W kompleksie leśnym w gminie Zbójna doszło do nietypowego zdarzenia. Łomżyńscy komendanci otrzymali zgłoszenie od zaniepokojonego mężczyzny, który powiedział, że jego wujek wyszedł z domu o 11 i do chwili obecnej nie wrócił do domu. Z uwagi na panujące niskie temperatury oraz zapadający zmrok, rodzina postanowiła zawiadomić policję. Policjanci najpierw przeszukali teren posesji, ale nie udało im się znaleźć zaginionego.
Na miejsce przybył jego sąsiad, który powiedział funkcjonariuszom, że zaginiony często go odwiedzał i razem pili alkohol. Sąsiad wspomniał również, że z pomieszczenia gospodarczego zniknęły dwie butelki wódki. Podejrzewał, że mężczyzna mógł je zabrać ze sobą. Na miejsce sprowadzono psa tropiącego, który podjął trop w pomieszczeniu gospodarczym.

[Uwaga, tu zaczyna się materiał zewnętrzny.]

//! What an XS file is split into.
ghost use Rattle.std.specs.Prelude.{◌≡◌};
ghost use Rattle.xs_sections.specs.Cut as spec;

use xs_base::{Bytes, Items, Line};

/// The names that a MODULE line sets.
#[derive(Debug, Drop)]
pub struct ModuleNames {
    pub module: Bytes,
    /// Empty without PACKAGE.
    pub package: Bytes,
    /// Empty without PREFIX.
    pub prefix: Bytes,
}

/// A paragraph or a typemap block.
#[derive(Debug, Drop)]
pub struct Part {
    /// The place of the MODULE line before it among the MODULE lines of the file, counted from 0.
    pub module: usize,
    /// The number of the line that begins it: the first line of a paragraph after its file
    /// keywords, or the line `TYPEMAP:` of a block.
    pub line: u32,
    pub body: PartBody,
}

/// The lines of a part.
#[derive(Debug, Drop)]
pub enum PartBody {
    /// A paragraph, without the file keywords at its head and without comments, and not empty: a
    /// BOOT paragraph or an XSUB.
    Para(Items<Line>),
    /// A typemap block, without its first line and its end word.
    Map(Items<Line>),
}

/// An XS file, split.
#[derive(Debug, Drop)]
pub struct Sections {
    /// The lines before the first MODULE line, without POD.
    pub c_part: Items<Line>,
    /// The names of each MODULE line, in order.
    pub modules: Items<ModuleNames>,
    /// The number of the last MODULE line.
    pub module_line: u32,
    /// The paragraphs and typemap blocks, in order.
    pub parts: Items<Part>,
}

impl Sections {
    /// The name of the last MODULE line, after which the boot function is named.
    pub fn last_module(&self) -> &[u8]
        ensures { result.now ≡ (spec.last_names self.now).module }
    {
        match self.modules.as_slice().last() {
            None => b"".as_slice(),
            Some(names) => names.module.as_slice(),
        }
    }

    /// The package of a part: that of the MODULE line before it, and empty without PACKAGE.
    pub fn package_of(&self, part: &Part) -> &[u8]
        ensures { result.now ≡ (spec.names_of self.now part.now).package }
    {
        match self.modules.get(part.module) {
            None => b"".as_slice(),
            Some(names) => names.package.as_slice(),
        }
    }

    /// The prefix of a part, which Perl names go without: empty without PREFIX.
    pub fn prefix_of(&self, part: &Part) -> &[u8]
        ensures { result.now ≡ (spec.names_of self.now part.now).prefix }
    {
        match self.modules.get(part.module) {
            None => b"".as_slice(),
            Some(names) => names.prefix.as_slice(),
        }
    }
}
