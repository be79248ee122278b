//! An XS file is split.
ghost use Rattle.std.specs.Prelude.{◌-◌, ◌^◌, ◌<◌, All, IfOk, length};
ghost use Rattle.xs_base.specs.Lines.{lines_of};
ghost use Rattle.xs_base.specs.Reading.{Gives};
ghost use Rattle.xs_sections.specs.Classes.{tags_of};
ghost use Rattle.xs_sections.specs.Cut.{split_of};
ghost use Rattle.xs_sections.specs.SectionFaults.{faults_of};
ghost use Rattle.xs_sections.specs.Laws.{HoldsEachLine, IsOnlySplit, IsPart, ReportsFirst, StandsIn};

use crate::section_reading::Reading;
use crate::sections::Sections;
use std::alloc::Global;
use xs_base::{Bytes, Refuse, lines};

/// Splits an XS file into its C part, and after the first MODULE line into paragraphs and typemap
/// blocks. POD goes out, in the XS part comments too, and file keywords are removed from the
/// heads of paragraphs.
///
/// Faults, the one on the least line first, and on one line the one with the least code:
///
/// | code | where |
/// |---|---|
/// | 102 | no MODULE line; on line 1 |
/// | 103 | a line whose first word is MODULE and that is not `MODULE = NAME`, maybe `PACKAGE =
/// NAME`, maybe `PREFIX = WORD` |
/// | 104 | a line of the XS part that the C preprocessor would read |
/// | 105 | POD without `=cut`; on its first line |
/// | 106 | a typemap block without its end word; on its TYPEMAP line |
/// | 107 | the first line of the 4,097th paragraph |
/// | 108 | a file keyword that is left out; its word is the fault's word |
/// | 109 | a file keyword with a value that it can not have |
///
/// The rules are those of perlxs. What this project's profile adds: lines that the preprocessor
/// would read are refused in the XS part, some file keywords are left out, and a file has 4,096
/// paragraphs at most.
pub fn split(alloc: Global, src: &Bytes) -> Result<Sections, Refuse>
    requires { length src.now < 2 ^ 32 - 1 }
    ensures exact { Gives result (split_of src.now) }

    // Each line of the file, with its number and in order, stands where it belongs by its class.
    ensures lines { IfOk result (λ s. HoldsEachLine (lines_of src.now) s) }
    ensures split { IfOk result (λ s. IsOnlySplit (lines_of src.now) s) }
    ensures stands { IfOk result (λ s. StandsIn (lines_of src.now) s) }
    ensures parts { IfOk result (λ s. All IsPart s.parts) }
    ensures first { ReportsFirst (faults_of (tags_of (lines_of src.now))) result }
{
    read(alloc, src)
}

fn read(alloc: Global, src: &Bytes) -> Result<Sections, Refuse>
    requires { length src.now < 2 ^ 32 - 1 }
    ensures { Gives result (split_of src.now) }
{
    let mut reading = Reading::new(alloc);
    for line in lines(alloc, src)?.into_vec() {
        reading.take(alloc, line)?;
    }
    reading.finish(alloc)
}
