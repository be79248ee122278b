//! What a line is by its own text: POD, a comment, a directive, a MODULE line.
ghost use Rattle.std.specs.Prelude.{◌≡◌};
ghost use Rattle.xs_base.specs.ByteRuns.{after_run, front_of};
ghost use Rattle.xs_base.specs.declared.byte_runs.ByteClass.TheVariants.{Word};
ghost use Rattle.xs_sections.specs.LineForms as spec;

use crate::words::{DIRECTIVES, MODULE};
use xs_base::{ByteClass, after_blanks, cut_run, is_among, starts_with, starts_with_class};

/// A line that begins with `=` and a letter starts POD.
pub fn begins_pod(line: &[u8]) -> bool
    ensures { result ≡ spec.begins_pod line.now }
{
    match line {
        [] => false,
        [first, rest @ ..] => *first == b'=' && starts_with_class(ByteClass::Letter, rest),
    }
}

/// POD ends after a line that begins with `=cut`.
pub fn ends_pod(line: &[u8]) -> bool
    ensures { result ≡ spec.ends_pod line.now }
{
    starts_with(b"=cut", line)
}

/// A line that begins with a byte that is no blank.
pub fn is_flush_left(line: &[u8]) -> bool
    ensures { result ≡ spec.is_flush_left line.now }
{
    starts_with_class(ByteClass::NoBlank, line)
}

/// A line that the C preprocessor would read: `#` as its first byte and a word of the preprocessor
/// after it.
pub fn is_directive(line: &[u8]) -> bool
    ensures { result ≡ spec.is_directive line.now }
{
    match line {
        [] => false,
        [first, rest @ ..] => *first == b'#' && is_directive_text(after_blanks(rest)),
    }
}

fn is_directive_text(text: &[u8]) -> bool
    ensures { result ≡ spec.is_directive_text (front_of Word text.now) (after_run Word text.now) }
{
    let (word, more) = cut_run(ByteClass::Word, text);
    is_among(&DIRECTIVES, word)
        || word == b"line".as_slice()
            && starts_with_class(ByteClass::Blank, more)
            && starts_with_class(ByteClass::Digit, after_blanks(more))
        || word == b"include".as_slice()
            && (starts_with(b"\"", after_blanks(more)) || starts_with(b"<", after_blanks(more)))
}

/// A line whose first word is MODULE.
pub fn is_module_line(line: &[u8]) -> bool
    ensures { result ≡ spec.is_module_line line.now }
{
    cut_run(ByteClass::Word, after_blanks(line)).0 == MODULE.as_bytes()
}
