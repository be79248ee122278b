//! MODULE lines.
ghost use Rattle.std.specs.Option.{option_map};
ghost use Rattle.std.specs.Prelude.{◌≡◌, IfOk, None, Some, if◌then◌else◌};
ghost use Rattle.xs_base.specs.Names.{is_qualified_name};
ghost use Rattle.xs_base.specs.Scanning.{is_identifier};
ghost use Rattle.xs_sections.specs.ModuleLine as spec;
ghost use Rattle.xs_sections.specs.declared.words.TheConstants.{MODULE, PACKAGE, PREFIX};

use crate::class::LineClass;
use crate::sections::ModuleNames;
use crate::words::{MODULE, PACKAGE, PREFIX};
use std::alloc::Global;
use xs_base::{
    ByteClass, Bytes, Memory, after_blanks, cut_run, is_blank_line, is_identifier,
    is_qualified_name, strip_prefix,
};

/// Reads `WORD = VALUE` at the front of a text: the value, which ends before a blank, and what
/// stands after it.
fn assignment<'a>(word: &[u8], text: &'a [u8]) -> Option<(&'a [u8], &'a [u8])>
    ensures { option_map spec.shown result ≡ spec.assignment word.now text.now }
{
    let more = strip_prefix(word, after_blanks(text))?;
    let value = strip_prefix(b"=", after_blanks(more))?;
    Some(cut_run(ByteClass::NoBlank, after_blanks(value)))
}

/// A value and what stands after it, where the value is good.
fn good_value<'a>(is_good: bool, value: &'a [u8], more: &'a [u8]) -> Option<(&'a [u8], &'a [u8])>
    ensures { option_map spec.shown result
        ≡ (if is_good then Some (value.now, more.now) else None) }
{
    if is_good { Some((value, more)) } else { None }
}

fn module_of(text: &[u8]) -> Option<(&[u8], &[u8])>
    ensures { option_map spec.shown result
        ≡ spec.required is_qualified_name (spec.assignment MODULE.now text.now) }
{
    match assignment(MODULE.as_bytes(), text) {
        None => None,
        Some((name, more)) => good_value(is_qualified_name(name), name, more),
    }
}

fn package_of(text: &[u8]) -> Option<(&[u8], &[u8])>
    ensures { option_map spec.shown result
        ≡ spec.optional is_qualified_name (spec.assignment PACKAGE.now text.now) text.now }
{
    match assignment(PACKAGE.as_bytes(), text) {
        None => Some((b"".as_slice(), text)),
        Some((name, more)) => good_value(is_qualified_name(name), name, more),
    }
}

fn prefix_of(text: &[u8]) -> Option<(&[u8], &[u8])>
    ensures { option_map spec.shown result
        ≡ spec.optional is_identifier (spec.assignment PREFIX.now text.now) text.now }
{
    match assignment(PREFIX.as_bytes(), text) {
        None => Some((b"".as_slice(), text)),
        Some((word, more)) => good_value(is_identifier(word), word, more),
    }
}

/// What a line is whose first word is MODULE: with the names that it sets, or of no good form.
#[tactic(auto, unfolding(crate::specs::ModuleLine::module_names))]
pub fn module_class(alloc: Global, line: &[u8]) -> Result<LineClass, Memory>
    ensures { IfOk result (λ class. class ≡ spec.module_class line.now) }
{
    let Some((module, after_module)) = module_of(line) else {
        return Ok(LineClass::BadModule);
    };
    let Some((package, after_package)) = package_of(after_module) else {
        return Ok(LineClass::BadModule);
    };
    let Some((prefix, after_prefix)) = prefix_of(after_package) else {
        return Ok(LineClass::BadModule);
    };
    if !is_blank_line(after_prefix) {
        return Ok(LineClass::BadModule);
    }
    Ok(LineClass::Module(ModuleNames {
        module: Bytes::from_slice(alloc, module)?,
        package: Bytes::from_slice(alloc, package)?,
        prefix: Bytes::from_slice(alloc, prefix)?,
    }))
}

Kalila, tropiąc między zabudowaniami, zaprowadziła funkcjonariuszy do niewielkiego zagajnika. Tam znaleziono prowizoryczny szałas oraz zaginionego mężczyznę, siedzącego kilka metrów dalej. 58-latek był nietrzeźwy i mocno wyziębiony. Policjanci natychmiast wezwali karetkę pogotowia. Do czasu jej przyjazdu funkcjonariusze zajęli się mężczyzną, udzielając mu pierwszej pomocy i umieszczając go w radiowozie, aby się ogrzał. Odnaleziony trafił pod opiekę lekarzy.